Off-balance sheet arrangements

We have not entered into any off-balance sheet arrangements.

Contractual obligations and commitments

office lease

The Company executed a noncancelable operating lease for approximately 9,091
square feet of office space in Hayward, California in November 2021 as its
headquarters. The lease will expire in October 2025 and there is no option to
renew for an additional term. The Company is obligated to pay, on a pro-rata
basis, real estate taxes and operating costs related to the premises.

Lease cost recorded during the nine months ended September 30, 2022 was $151
thousand. There were no similar lease costs in 2021 related to the noncancelable
operating lease, as the lease was not in effect at that time.

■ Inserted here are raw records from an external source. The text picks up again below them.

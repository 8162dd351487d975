//! The command `sim DECK STIM` with its options: the trace of a deck over a stimulus.
ghost use Rattle.std.specs.Prelude.{◌≡◌, Bool, IfOk, IsErrOf};
ghost use Rattle.command_answers.specs.Endings.{ending_of};
ghost use Rattle.trace_tool.specs.Refusals.{IsRefused};
ghost use Rattle.trace_tool.specs.Traces.{IsTraceBy};
ghost use Rattle.trace_tool.specs.declared.fault.TraceFault.{TraceFault as Fault};

use crate::answer::{Answer, Ending};
use std::alloc::Global;
use trace_tool::{Clocking, Trace, TraceFault, TraceOptions, sim_skew};

/// The trace of a deck over a stimulus, with options, where its clocks fall so, and whether each settling ended.
pub fn sim(
    alloc: Global,
    deck: &[u8],
    stim: &[u8],
    options: &TraceOptions,
    clocking: Clocking,
) -> Result<Answer, TraceFault>
    ensures trace { IfOk result (λ answer. (settled : Bool)
        × IsTraceBy clocking deck.now stim.now options.now (record { text = answer.text.items; settled = settled })
        × (answer.ending ≡ ending_of settled)) }
    ensures refused { (why : Fault) → IsErrOf result why → IsRefused deck.now stim.now options.now.probes why }
{
    let trace = trace_of(alloc, deck, stim, options, clocking)?;
    let ending = Ending::of(trace.settled);
    let text = trace.text;
    Ok(Answer { text, ending })
}

/// The trace of a deck over a stimulus, with options, where its clocks fall so.
fn trace_of(
    alloc: Global,
    deck: &[u8],
    stim: &[u8],
    options: &TraceOptions,
    clocking: Clocking,
) -> Result<Trace, TraceFault>
    ensures trace { IfOk result (λ trace. IsTraceBy clocking deck.now stim.now options.now trace) }
    ensures refused { (why : Fault) → IsErrOf result why → IsRefused deck.now stim.now options.now.probes why }
{
    match clocking {
        Clocking::Together => trace_tool::sim(alloc, deck, stim, options),
        Clocking::Overlapping => sim_skew(alloc, deck, stim, options),
    }
}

We enter into contracts in the normal course of business with our contract
manufacturer and other vendors to assist in the manufacturing of our products
and performance of our research and development activities and other services
for operating purposes. These contracts generally provide for termination on
notice, and therefore are cancelable contracts and not discussed in this
section. There have been no material changes to our previously disclosed
business strategy with respect to our contractual obligations as disclosed under
Management's Discussion and Analysis of Financial Condition and Results of
Operations - Contractual Obligations in the Company's Annual Report on Form 10-K
for the year ended December 31, 2021.

Critical Accounting Policies and Significant Judgments and Estimates

Our condensed financial statements have been prepared in accordance with
accounting principles generally accepted in the United States of America. The
preparation of the condensed financial statements requires management to make
estimates and assumptions that affect the reported amounts of assets and
liabilities at the date of the financial statements, and the reported amounts of
expenses during the reporting period. On an ongoing basis, management evaluates
its estimates and judgments, including those related to sales return reserves,
warranty reserves, stock-based compensation, and going concern. Management bases
its estimates and judgments on historical experience and on various other
factors, including the macro-economic factors such as COVID­19 pandemic, that we
believe to be reasonable under the circumstances, the results of which form the
basis for making judgments about the carrying value of assets and liabilities
that are not readily apparent from other sources. Actual results may differ from
these estimates under different assumptions or conditions. The methods,
estimates, and judgments used by us in applying these critical accounting
policies have a significant impact on the results we report in our condensed
consolidated financial statements. Our significant accounting policies and
estimates are included in our Annual Report on Form 10­K for the fiscal year
ended December 31, 2021, filed with the SEC on March 31, 2022.

Information regarding our significant accounting policies and estimates can also
be found in Note 2 to our condensed financial statements included in Part I,
Item 1 of this Quarterly Report on Form 10­Q.

Recent accounting pronouncements

For a description of recent accounting pronouncements, see Note 2 to our summary financial statements included in Part I, Item 1 of this Quarterly Report on Form 10Q.